— EXERCISE —
Would you set down the complete data below, exactly as shown?

(AVAILABLE DATA begins)

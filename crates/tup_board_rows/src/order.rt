//! Orders, as rows spell them.
use std::alloc::Global;
use tup_path::Text;
use tup_rows::Words;

/// An order: the words of a row from a place on.
#[derive(Clone, Copy)]
pub(crate) struct Order<'w> {
    said: &'w Words,
    at: usize,
}

impl<'w> Order<'w> {
    /// The order behind a place of a row.
    pub(crate) fn behind(said: &'w Words, at: usize) -> Order<'w> {
        Order {
            said,
            at: at.saturating_add(1),
        }
    }

    /// The word at a place of the order.
    pub(crate) fn word(&self, at: usize) -> &'w str {
        self.said.str_at(self.at.saturating_add(at))
    }

    /// The number at a place of it.
    pub(crate) fn number(&self, at: usize) -> u32 {
        self.said.small_at(self.at.saturating_add(at))
    }

    /// The text that it names.
    pub(crate) fn text(&self, alloc: Global) -> Text {
        self.said.text_at(alloc, self.at.saturating_add(2))
    }
}
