// The client end of the wire protocol: it drives an ELM327 (client_session.rs of the Rust). Each call takes the session by value and gives the next one back.
#![tactic(auto)]

mod finish;
mod piece;
mod start;

ghost use Rattle.std.specs.Prelude.{◌≡◌, ◌&&◌, [], Ok, Err};
ghost use Rattle.client_session.specs.Session.{client, request_of, no_query, fresh_client, is_idle, is_complete, with_under, with_last_query};
ghost use Rattle.client_session.specs.Call.{in_query, failed_client, refusal_of};
ghost use Rattle.client_session.specs.Steps.{Stepped, unchanged};

use client_command::FramingEffect;
use query_text::QueryText;
use server_state::{FeatureSupport, ServerState};
use wire::{Bytes, Refusal};

// A command whose reply is awaited.
#[derive(Clone, Copy)]
pub enum Command {
    // ATZ of the initialisation.
    Reset,
    // A later command of the initialisation: 0 for ATE0, then ATL0, ATS0, ATSP0, and 4 or more for ATH1 or ATH0.
    Setup(u8),
    Raw(FramingEffect),
    // A query in full.
    Query,
    // A query that was repeated by a bare CR.
    Repeat,
}

// What is under way.
#[derive(Clone, Copy)]
pub enum Under {
    Idle,
    Awaiting(Command),
    // A query's reply is complete, and is finished next.
    Complete,
}

// A query: its text, its PIDs, and whether it is one of `query_pids`.
#[derive(Clone, Copy)]
pub struct Query {
    pub text: QueryText,
    pub pids: Bytes<6>,
    pub several: bool,
}

// What is under way, and how many bytes of its reply the store holds.
#[derive(Clone, Copy)]
pub struct Pending {
    pub under: Under,
    pub got: usize,
}

#[derive(Clone, Copy)]
pub struct ClientSession {
    // The initialisation asks for CAN headers.
    pub want_framing: bool,
    // What is set on the ELM327, or learned about it.
    pub server: ServerState,
    // The last query, which a repeat stands for; empty for none.
    pub last: QueryText,
    // The query under way.
    pub query: Query,
    pub pending: Pending,
}

// How far a call has brought what is under way.
#[derive(Clone, Copy)]
pub enum ClientAnswer {
    // A command is to be sent, and its reply is awaited.
    Sent,
    // More of the reply is awaited.
    Awaited,
    // The initialisation or the raw command is over.
    Over,
    // A query's reply is complete, and is finished next.
    Complete,
    // The query is finished, and so many values stand in out.
    Values(usize),
}

// Why a call has not.
#[derive(Clone, Copy)]
pub enum ClientError {
    // 1 to 6: the call was not right, and the session is as it was.
    Refused(Refusal),
    // 7 to 9: what was under way has ended.
    Failed(Refusal),
}

impl From<ClientError> for Refusal {
    ghost from_gives = { λ error refusal. refusal ≡ refusal_of error };

    fn from(error: ClientError) -> Refusal {
        match error {
            ClientError::Refused(refusal) | ClientError::Failed(refusal) => refusal,
        }
    }
}

#[derive(Clone, Copy)]
pub struct ClientStep {
    pub answer: Result<ClientAnswer, ClientError>,
    // How many bytes of out are to be sent, or are values.
    pub written: usize,
    pub session: ClientSession,
}

// What the host failed to do.
#[derive(Clone, Copy)]
pub enum Failure {
    Read,
    Write,
}

impl Under {
    fn is_idle(self) -> bool
        ensures { result ≡ is_idle self }
    {
        matches!(self, Under::Idle)
    }

    fn is_complete(self) -> bool
        ensures { result ≡ is_complete self }
    {
        matches!(self, Under::Complete)
    }

    // Whether a query's reply is awaited, or complete.
    fn in_query(self) -> bool
        ensures { result ≡ in_query self }
    {
        matches!(
            self,
            Under::Awaiting(Command::Query | Command::Repeat) | Under::Complete
        )
    }
}

impl Query {
    // None yet.
    fn new() -> Query
        ensures { request_of result ≡ no_query }
    {
        Query {
            text: QueryText::new(),
            pids: Bytes::new(),
            several: false,
        }
    }
}

impl ClientSession {
    // A session that asks for CAN headers and repeats queries as told, with nothing learned.
    pub fn new(framing: bool, repeat: bool) -> ClientSession
        ensures { client result ≡ fresh_client framing repeat }
    {
        ClientSession {
            want_framing: framing,
            server: ServerState::new(repeat),
            last: QueryText::new(),
            query: Query::new(),
            pending: Pending {
                under: Under::Idle,
                got: 0,
            },
        }
    }

    fn moved(mut self, under: Under, got: usize) -> ClientSession
        ensures { client result ≡ with_under (client self) under got }
    {
        self.pending = Pending { under, got };
        self
    }

    // This or nothing is under way, and nothing is to be sent.
    fn ends(self, answer: ClientAnswer, under: Under, got: usize) -> ClientStep
        ensures { Stepped (with_under (client self) under got) (Ok answer) 0 result }
    {
        ClientStep {
            answer: Ok(answer),
            written: 0,
            session: self.moved(under, got),
        }
    }

    // So many bytes of out are this command, whose reply is awaited.
    fn sends(self, command: Command, written: usize) -> ClientStep
        ensures { Stepped (with_under (client self) (Under.Awaiting command) 0) (Ok ClientAnswer.Sent) written result }
    {
        ClientStep {
            answer: Ok(ClientAnswer::Sent),
            written,
            session: self.moved(Under::Awaiting(command), 0),
        }
    }

    // 1 to 6 change nothing.
    fn refused(self, refusal: Refusal) -> ClientStep
        ensures { result ≡ unchanged self refusal }
    {
        ClientStep {
            answer: Err(ClientError::Refused(refusal)),
            written: 0,
            session: self,
        }
    }

    // What is under way has ended, and the last query is forgotten.
    fn forgets(mut self) -> ClientSession
        ensures { client result ≡ with_under (with_last_query (client self) []) Under.Idle 0 }
    {
        self.last.clear();
        self.moved(Under::Idle, 0)
    }

    // Whether a query of `query_pids` is under way.
    fn in_several(&self) -> bool
        ensures { result ≡ (in_query self.now.pending.under && self.now.query.several) }
    {
        self.pending.under.in_query() && self.query.several
    }

    // The session after 7, 8 or 9.
    fn failed(mut self) -> ClientSession
        ensures { client result ≡ failed_client (client self) }
    {
        if self.in_several() {
            let multi_pid = self.server.multi_pid.decide(FeatureSupport::No);
            self.server = self.server.with_multi_pid(multi_pid);
        }
        self.forgets()
    }

    // 7, 8 and 9 end what is under way.
    fn fails(self, refusal: Refusal) -> ClientStep
        ensures { Stepped (failed_client (client self)) (Err (ClientError.Failed refusal)) 0 result }
    {
        ClientStep {
            answer: Err(ClientError::Failed(refusal)),
            written: 0,
            session: self.failed(),
        }
    }
}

(AVAILABLE DATA ends)

— SOLUTION BELOW —
filename crates/tup_board_rows/src/order.rt
//! Orders, as rows spell them.
use std::alloc::Global;
use tup_path::Text;
use tup_rows::Words;

/// An order: the words of a row from a place on.
#[derive(Clone, Copy)]
pub(crate) struct Order<'w> {
    said: &'w Words,
    at: usize,
}

impl<'w> Order<'w> {
    /// The order behind a place of a row.
    pub(crate) fn behind(said: &'w Words, at: usize) -> Order<'w> {
        Order {
            said,
            at: at.saturating_add(1),
        }
    }

    /// The word at a place of the order.
    pub(crate) fn word(&self, at: usize) -> &'w str {
        self.said.str_at(self.at.saturating_add(at))
    }

    /// The number at a place of it.
    pub(crate) fn number(&self, at: usize) -> u32 {
        self.said.small_at(self.at.saturating_add(at))
    }

    /// The text that it names.
    pub(crate) fn text(&self, alloc: Global) -> Text {
        self.said.text_at(alloc, self.at.saturating_add(2))
    }
}
// The client end of the wire protocol: it drives an ELM327 (client_session.rs of the Rust). Each call takes the session by value and gives the next one back.
#![tactic(auto)]

mod finish;
mod piece;
mod start;

ghost use Rattle.std.specs.Prelude.{◌≡◌, ◌&&◌, [], Ok, Err};
ghost use Rattle.client_session.specs.Session.{client, request_of, no_query, fresh_client, is_idle, is_complete, with_under, with_last_query};
ghost use Rattle.client_session.specs.Call.{in_query, failed_client, refusal_of};
ghost use Rattle.client_session.specs.Steps.{Stepped, unchanged};

use client_command::FramingEffect;
use query_text::QueryText;
use server_state::{FeatureSupport, ServerState};
use wire::{Bytes, Refusal};

// A command whose reply is awaited.
#[derive(Clone, Copy)]
pub enum Command {
    // ATZ of the initialisation.
    Reset,
    // A later command of the initialisation: 0 for ATE0, then ATL0, ATS0, ATSP0, and 4 or more for ATH1 or ATH0.
    Setup(u8),
    Raw(FramingEffect),
    // A query in full.
    Query,
    // A query that was repeated by a bare CR.
    Repeat,
}

// What is under way.
#[derive(Clone, Copy)]
pub enum Under {
    Idle,
    Awaiting(Command),
    // A query's reply is complete, and is finished next.
    Complete,
}

// A query: its text, its PIDs, and whether it is one of `query_pids`.
#[derive(Clone, Copy)]
pub struct Query {
    pub text: QueryText,
    pub pids: Bytes<6>,
    pub several: bool,
}

// What is under way, and how many bytes of its reply the store holds.
#[derive(Clone, Copy)]
pub struct Pending {
    pub under: Under,
    pub got: usize,
}

#[derive(Clone, Copy)]
pub struct ClientSession {
    // The initialisation asks for CAN headers.
    pub want_framing: bool,
    // What is set on the ELM327, or learned about it.
    pub server: ServerState,
    // The last query, which a repeat stands for; empty for none.
    pub last: QueryText,
    // The query under way.
    pub query: Query,
    pub pending: Pending,
}

// How far a call has brought what is under way.
#[derive(Clone, Copy)]
pub enum ClientAnswer {
    // A command is to be sent, and its reply is awaited.
    Sent,
    // More of the reply is awaited.
    Awaited,
    // The initialisation or the raw command is over.
    Over,
    // A query's reply is complete, and is finished next.
    Complete,
    // The query is finished, and so many values stand in out.
    Values(usize),
}

// Why a call has not.
#[derive(Clone, Copy)]
pub enum ClientError {
    // 1 to 6: the call was not right, and the session is as it was.
    Refused(Refusal),
    // 7 to 9: what was under way has ended.
    Failed(Refusal),
}

impl From<ClientError> for Refusal {
    ghost from_gives = { λ error refusal. refusal ≡ refusal_of error };

    fn from(error: ClientError) -> Refusal {
        match error {
            ClientError::Refused(refusal) | ClientError::Failed(refusal) => refusal,
        }
    }
}

#[derive(Clone, Copy)]
pub struct ClientStep {
    pub answer: Result<ClientAnswer, ClientError>,
    // How many bytes of out are to be sent, or are values.
    pub written: usize,
    pub session: ClientSession,
}

// What the host failed to do.
#[derive(Clone, Copy)]
pub enum Failure {
    Read,
    Write,
}

impl Under {
    fn is_idle(self) -> bool
        ensures { result ≡ is_idle self }
    {
        matches!(self, Under::Idle)
    }

    fn is_complete(self) -> bool
        ensures { result ≡ is_complete self }
    {
        matches!(self, Under::Complete)
    }

    // Whether a query's reply is awaited, or complete.
    fn in_query(self) -> bool
        ensures { result ≡ in_query self }
    {
        matches!(
            self,
            Under::Awaiting(Command::Query | Command::Repeat) | Under::Complete
        )
    }
}

impl Query {
    // None yet.
    fn new() -> Query
        ensures { request_of result ≡ no_query }
    {
        Query {
            text: QueryText::new(),
            pids: Bytes::new(),
            several: false,
        }
    }
}

impl ClientSession {
    // A session that asks for CAN headers and repeats queries as told, with nothing learned.
    pub fn new(framing: bool, repeat: bool) -> ClientSession
        ensures { client result ≡ fresh_client framing repeat }
    {
        ClientSession {
            want_framing: framing,
            server: ServerState::new(repeat),
            last: QueryText::new(),
            query: Query::new(),
            pending: Pending {
                under: Under::Idle,
                got: 0,
            },
        }
    }

    fn moved(mut self, under: Under, got: usize) -> ClientSession
        ensures { client result ≡ with_under (client self) under got }
    {
        self.pending = Pending { under, got };
        self
    }

    // This or nothing is under way, and nothing is to be sent.
    fn ends(self, answer: ClientAnswer, under: Under, got: usize) -> ClientStep
        ensures { Stepped (with_under (client self) under got) (Ok answer) 0 result }
    {
        ClientStep {
            answer: Ok(answer),
            written: 0,
            session: self.moved(under, got),
        }
    }

    // So many bytes of out are this command, whose reply is awaited.
    fn sends(self, command: Command, written: usize) -> ClientStep
        ensures { Stepped (with_under (client self) (Under.Awaiting command) 0) (Ok ClientAnswer.Sent) written result }
    {
        ClientStep {
            answer: Ok(ClientAnswer::Sent),
            written,
            session: self.moved(Under::Awaiting(command), 0),
        }
    }

    // 1 to 6 change nothing.
    fn refused(self, refusal: Refusal) -> ClientStep
        ensures { result ≡ unchanged self refusal }
    {
        ClientStep {
            answer: Err(ClientError::Refused(refusal)),
            written: 0,
            session: self,
        }
    }

    // What is under way has ended, and the last query is forgotten.
    fn forgets(mut self) -> ClientSession
        ensures { client result ≡ with_under (with_last_query (client self) []) Under.Idle 0 }
    {
        self.last.clear();
        self.moved(Under::Idle, 0)
    }

    // Whether a query of `query_pids` is under way.
    fn in_several(&self) -> bool
        ensures { result ≡ (in_query self.now.pending.under && self.now.query.several) }
    {
        self.pending.under.in_query() && self.query.several
    }

    // The session after 7, 8 or 9.
    fn failed(mut self) -> ClientSession
        ensures { client result ≡ failed_client (client self) }
    {
        if self.in_several() {
            let multi_pid = self.server.multi_pid.decide(FeatureSupport::No);
            self.server = self.server.with_multi_pid(multi_pid);
        }
        self.forgets()
    }

    // 7, 8 and 9 end what is under way.
    fn fails(self, refusal: Refusal) -> ClientStep
        ensures { Stepped (failed_client (client self)) (Err (ClientError.Failed refusal)) 0 result }
    {
        ClientStep {
            answer: Err(ClientError::Failed(refusal)),
            written: 0,
            session: self.failed(),
        }
    }
}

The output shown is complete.